# New concert hall



## Couac Addict (Oct 16, 2013)

The last couple of paragraphs are the ones that concern me...and everyone else over here.

http://www.nytimes.com/2014/08/29/arts/international/philharmonie-de-paris-prepares-to-open-amid-controversy.html?_r=0


----------



## GioCar (Oct 30, 2013)

It's not so easy (at least no longer) to build new concert halls having bad acoustics, but of course the key sentence is:

_But you never really know until an orchestra is there to try things out_

Mr. Toyota? Then it's going to be an acceptable and "reliable" concert hall...


----------



## hpowders (Dec 23, 2013)

I was living in NYC when Lincoln Center was being built. They employed the greatest acousticians and designers. No expense was spared. The end result was Philharmonic Hall turned out to be an acoustical disaster. Players couldn't hear each other and the consensus was the sound from the stage to the seats was awful.
Doesn't matter how many great minds are working on the project.
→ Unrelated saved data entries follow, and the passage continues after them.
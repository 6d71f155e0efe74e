//! A kernel of a program as an image: machine words, and what a launch must know of them.
//!
//! Read first `specs/Images.antt` for what an image is, then `specs/Refusals.antt` for which kernels have none. [`compile`] makes it.
#![tactic(auto)]

pub mod compiling;
pub mod parts;

pub use compiling::{CompileFault, compile};
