/// A play that is cut in a slot is the slots before it and a part of that one, with the numbers that it leaves, also
/// where slots were done before the play goes on. So its starts and points are the first of the play's, and its events
/// the first of the play's.
pub fn halts_are_prefixes()
    ensures at { (levels : ℕ) (run : Play) (stop : Stop) (before later : List Slot) (cut : Slot)
        → run.slots ≡ before ++ cut ∷ later
        → halt levels run (suc (length before)) stop ≡ cut_at levels stop before cut }
    ensures later { (levels : ℕ) (run : Play) (stop : Stop) (done before later : List Slot) (cut : Slot)
        → run.slots ≡ before ++ cut ∷ later
        → halt levels (after_slots done run) (suc (length (done ++ before))) stop
        ≡ cut_at levels stop (done ++ before) cut }
    ensures none { (levels : ℕ) (run : Play) (stop : Stop) → halt levels run 0 stop ≡ unprepared }
    ensures behind { (levels : ℕ) (run : Play) (stop : Stop) (k : ℕ) → length run.slots < k
        → halt levels run k stop ≡ run }
    ensures starts { (levels : ℕ) (run : Play) (k : ℕ) (stop : Stop) → k ≤ length run.slots
        → starts_in (halt levels run k stop).slots ≡ take k (starts_in run.slots) }
    ensures points { (levels : ℕ) (run : Play) (k : ℕ) (stop : Stop) → k ≤ length run.slots
        → points_in (halt levels run k stop).slots ≡ take k (points_in run.slots) }
    ensures numbers { (levels : ℕ) (run : Play) (k : ℕ) (stop : Stop) (slot : Slot)
        → slice_get run.slots k ≡ Some slot
        → ((halt levels run (suc k) stop).numbers ≡ slot.left)
        × ((halt levels run (suc k) stop).ending ≡ ending_of stop)
        × ((halt levels run (suc k) stop).last ≡ end_of levels slot.start stop) }
    ensures events { (levels : ℕ) (run : Play) (k : ℕ) (stop : Stop) → (rest : List PlayEvent)
        × (play_events run.slots ≡ play_events (halt levels run k stop).slots ++ rest) }
{}

/// A run that is halted is some slots of the play and a part of the next one, cut by a stop that can come there, and
/// every such cut is one. It ends after that slot's start, and by its end.
pub fn halted_runs_are_cuts()
    ensures parts { (levels : ℕ) (whole run : Play) → (h : IsHalted levels whole run)
        → (before later : List Slot) × (whole.slots ≡ before ++ h.slot ∷ later)
        × (run ≡ cut_at levels h.stop before h.slot) }
    ensures cut { (levels : ℕ) (whole : Play) (stop : Stop) (before later : List Slot) (slot : Slot)
        → whole.slots ≡ before ++ slot ∷ later → Fits levels stop slot
        → IsHalted levels whole (cut_at levels stop before slot) }
    ensures ends { (levels : ℕ) (whole run : Play) → (h : IsHalted levels whole run)
        → (h.slot.start < run.last) × (run.last ≤ h.slot.start + olat_of levels) }
{}

/// The slots that start before a time pass one by one: none, or a dummy and then the others; the slot that is next then
/// isn't before the time.
pub fn dummies_pass()
    ensures none { (p : Public) (numbers : Numbers) (time : ℕ) (pace : Pace) → time ≤ pace.beat.next
        → passed p numbers time pace ≡ record { slots = []; pace = pace } }
    ensures one { (p : Public) (numbers : Numbers) (time : ℕ) (pace : Pace) → pace.beat.next < time
        → let more = passed p numbers time (pace_after p pace None) in
        passed p numbers time pace ≡ record { slots = dummy_next p pace numbers ∷ more.slots; pace = more.pace } }
    ensures far { (p : Public) (numbers : Numbers) (time : ℕ) (pace : Pace)
        → time ≤ (passed p numbers time pace).pace.beat.next }
{}

/// An access takes the first slot that starts at or after the clock, where it starts before the time of the settings,
/// and is too late else; the slots that pass before it start before the clock. Accesses one after another are the first
/// of them, and then, unless a slot came too late, the others; and what is answered to a request is answered after
/// them.
pub fn accesses_take_slots()
    ensures early { (config : Config) (value : Option (List ℕ)) (now : Standing) (access : WalkAccess)
        → let before = passed (public_of config) now.numbers (min now.clock config.time) now.pace in
        before.pace.beat.next < config.time
        → (access_slot config value now access ≡ take_slot config value now access before true)
        × (now.clock ≤ before.pace.beat.next) }
    ensures late { (config : Config) (value : Option (List ℕ)) (now : Standing) (access : WalkAccess)
        → let before = passed (public_of config) now.numbers (min now.clock config.time) now.pace in
        config.time ≤ before.pace.beat.next
        → access_slot config value now access ≡ take_slot config value now access before false }
    ensures passed { (p : Public) (numbers : Numbers) (time : ℕ) (pace : Pace)
        → All (λ start. start < time) (starts_in (passed p numbers time pace).slots) }
    ensures accesses { (config : Config) (value : Option (List ℕ)) (first others : List WalkAccess) (now : Standing)
        → now.late ≡ None
        → one_by_one (access_slot config value) (first ++ others) now
        ≡ (let taken = one_by_one (access_slot config value) first now in
        followed taken (one_by_one (access_slot config value) others) taken.standing.late) }
    ensures answered { (config : Config) (now : Standing) (request : LineRequest)
        → let walked = walk (walk_sizes config) now.chip (requested request) in
        let taken = one_by_one (access_slot config (value_of request)) walked.accesses now in
        taken.standing.late ≡ None
        → ((request_slots config now request).slots ≡ taken.slots)
        × ((request_slots config now request).standing
        ≡ request_done request (record taken.standing { chip = walked.chip })) }
{}

/// Where a pace is that after some slots, it is so after a slot more, after dummies, and after the slots of requests:
/// the timetable stands where the code of these slots' choices leads to, the learner heard these slots, and the dummies
/// are counted. What a log tells that says the events of slots is what is heard of them.
pub fn slots_keep_the_pace()
    ensures start { (p : Public) → IsPace p [] (first_pace p) }
    ensures slot { (p : Public) → 0 < count_of p → (slots : List Slot) (pace : Pace) (numbers : Numbers)
        (asked : Option ℕ) (point : Point) (put appended : Option Message) → IsPace p slots pace
        → IsPace p (slots ++ slot_next p pace numbers asked point put appended ∷ []) (pace_after p pace asked) }
    ensures dummies { (p : Public) → 0 < count_of p → (slots : List Slot) (pace : Pace) (numbers : Numbers) (time : ℕ)
        → IsPace p slots pace → let more = passed p numbers time pace in IsPace p (slots ++ more.slots) more.pace }
    ensures requests { (config : Config) → IsConfig config → (slots : List Slot) (now : Standing)
        (requests : List LineRequest) → IsPace (public_of config) slots now.pace
        → let taken = one_by_one (request_slots config) requests now in
        IsPace (public_of config) (slots ++ taken.slots) taken.standing.pace }
    ensures log { (p : Public) (events : List Event) (slots : List Slot) → said_of_all events ≡ play_events slots
        → told_by p events ≡ heard_in p slots }
{}

/// At the start of a run the lines that aren't the image's stand for the bytes. An image line that is loaded stands for
/// them from then on, and they do after an instruction's requests. Where no slot came too late these requests' lines
/// were stored in order; and over all lines the requests that the cache's lists make of an access are answered by the
/// bytes, so that the access reads and writes them.
pub fn plays_stay_honest()
    ensures start { (ways sets count : ℕ) (memory marked : List ℕ) → 0 < sets
        → ((line : ℕ) → line < count → Has line marked ⊎ (line_in memory line ≡ replicate 64 0))
        → IsHonest ways count marked (record { memory = memory; sets = no_lines sets }) [] }
    ensures load { (ways count line : ℕ) (pending : List ℕ) (lines : Lines) (stored : StoredLines) → 0 < ways
        → IsHonest ways count (line ∷ pending) lines stored
        → IsHonest ways count pending (record lines { sets = sets_after ways lines.sets (image_use line) })
        (stored_by stored (requests_of ways lines.memory lines.sets (image_use line))) }
    ensures instruction { (ways count : ℕ) (pending : List ℕ) (machine : Machine) (lines : Lines)
        (stored : StoredLines) → 0 < ways → IsCore machine.core → machine.core.size ≡ 64 * count
        → length lines.memory ≡ 64 * count → IsHonest ways count pending lines stored
        → let step = instruction ways machine lines in
        IsHonest ways count pending step.held (stored_by stored (bare step.records)) }
    ensures stored { (config : Config) (requests : List LineRequest) (now : Standing)
        → (one_by_one (request_slots config) requests now).standing.late ≡ None
        → (one_by_one (request_slots config) requests now).standing.data_lines
        ≡ stored_by now.data_lines requests }
    ensures answered { (config : Config) (ways count : ℕ) (core : CoreState) (access : Access) (lines : Lines)
        (now : Standing) → IsAccess core.base (64 * count) access → HasBytes access
        → length lines.memory ≡ 64 * count → IsHonest ways count [] lines now.data_lines
        → let turn = access_turn ways core lines access in
        (play (line_slots config) (lists_access core.base ways lines access) now).outcome
        ≡ (turn.held, turn.answer) }
{}

/// Through the cache's lists, over a server of requests that knows the stored lines alone: an image line that is
/// written whole takes the slots of its requests, and leaves the bytes as they are; and where stored lines and kept
/// ones stand for the bytes, an instruction takes the slots of the play's instruction and leaves what stands after
/// them, and unless a slot came too late it comes to the play's lines, machine and ending.
pub fn lists_take_slots()
    ensures image { (config : Config) (ways line : ℕ) (value : List ℕ) (lines : Lines) (now : Standing)
        → now.late ≡ None → Takes (play (line_slots config) (write_whole_line ways lines line value) now)
        (one_by_one (request_slots config) (requests_of ways lines.memory lines.sets (image_use line)) now) }
    ensures written { (config : Config) (ways line : ℕ) (value : List ℕ) (lines : Lines) (now : Standing)
        → 64 * line + 64 ≤ length lines.memory → value ≡ line_in lines.memory line
        → (play (line_slots config) (write_whole_line ways lines line value) now).outcome
        ≡ record lines { sets = sets_after ways lines.sets (image_use line) } }
    ensures instruction { (config : Config) (ways count : ℕ) (machine : Machine) (lines : Lines) (now : Standing)
        → 0 < ways → IsCore machine.core → machine.core.size ≡ 64 * count → length lines.memory ≡ 64 * count
        → IsHonest ways count [] lines now.data_lines → now.late ≡ None
        → let step = instruction ways machine lines in
        Comes (play (line_slots config) (through (lists_access machine.core.base ways) (step_plan machine) lines) now)
        step (one_by_one (request_slots config) (bare step.records) now) }
{}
What works on paper doesn't necessarily transfer as a successful project in practice.


----------



## Radames (Feb 27, 2013)

hpowders said:


> I was living in NYC when Lincoln Center was being built. They employed the greatest acousticians and designers. No expense was spared. The end result was Philharmonic Hall turned out to be an acoustical disaster. Players couldn't hear each other and the consensus was the sound from the stage to the seats was awful.
> Doesn't matter how many great minds are working on the project. What works on paper doesn't necessarily transfer as a successful project in practice.


With 3D printing technology it should be easy to just scan in Boston's Symphony Hall and print it out. Shouldn't it?


----------



## Couac Addict (Oct 16, 2013)

Well, we don't want another Opera Bastille. 6 years to build. 20 years to fix.

This part sounds awesome and frightening in equal measures. That's a lot of variables.
_The new hall will also feature modular seating that can be reconfigured in function of the artists or the works being presented. For example, if a concert features a singer, the stage can be positioned so that it is adjacent to a wall, thereby eliminating seats that would give a view of the singer's back._


----------



## PetrB (Feb 28, 2012)

No matter the math, the acoustic science, all the applied design, materials chosen, the engineering of it all, and it seems with no more surety then when all that did not exist, everyone involved in the making of a hall, the performers, and the audience, all still have good cause to worry until it is finished and then tested out.

Until that moment, I'm sure everyone is proverbially holding their collective breath, and praying to Apollo and Erato, etc. for a good outcome. 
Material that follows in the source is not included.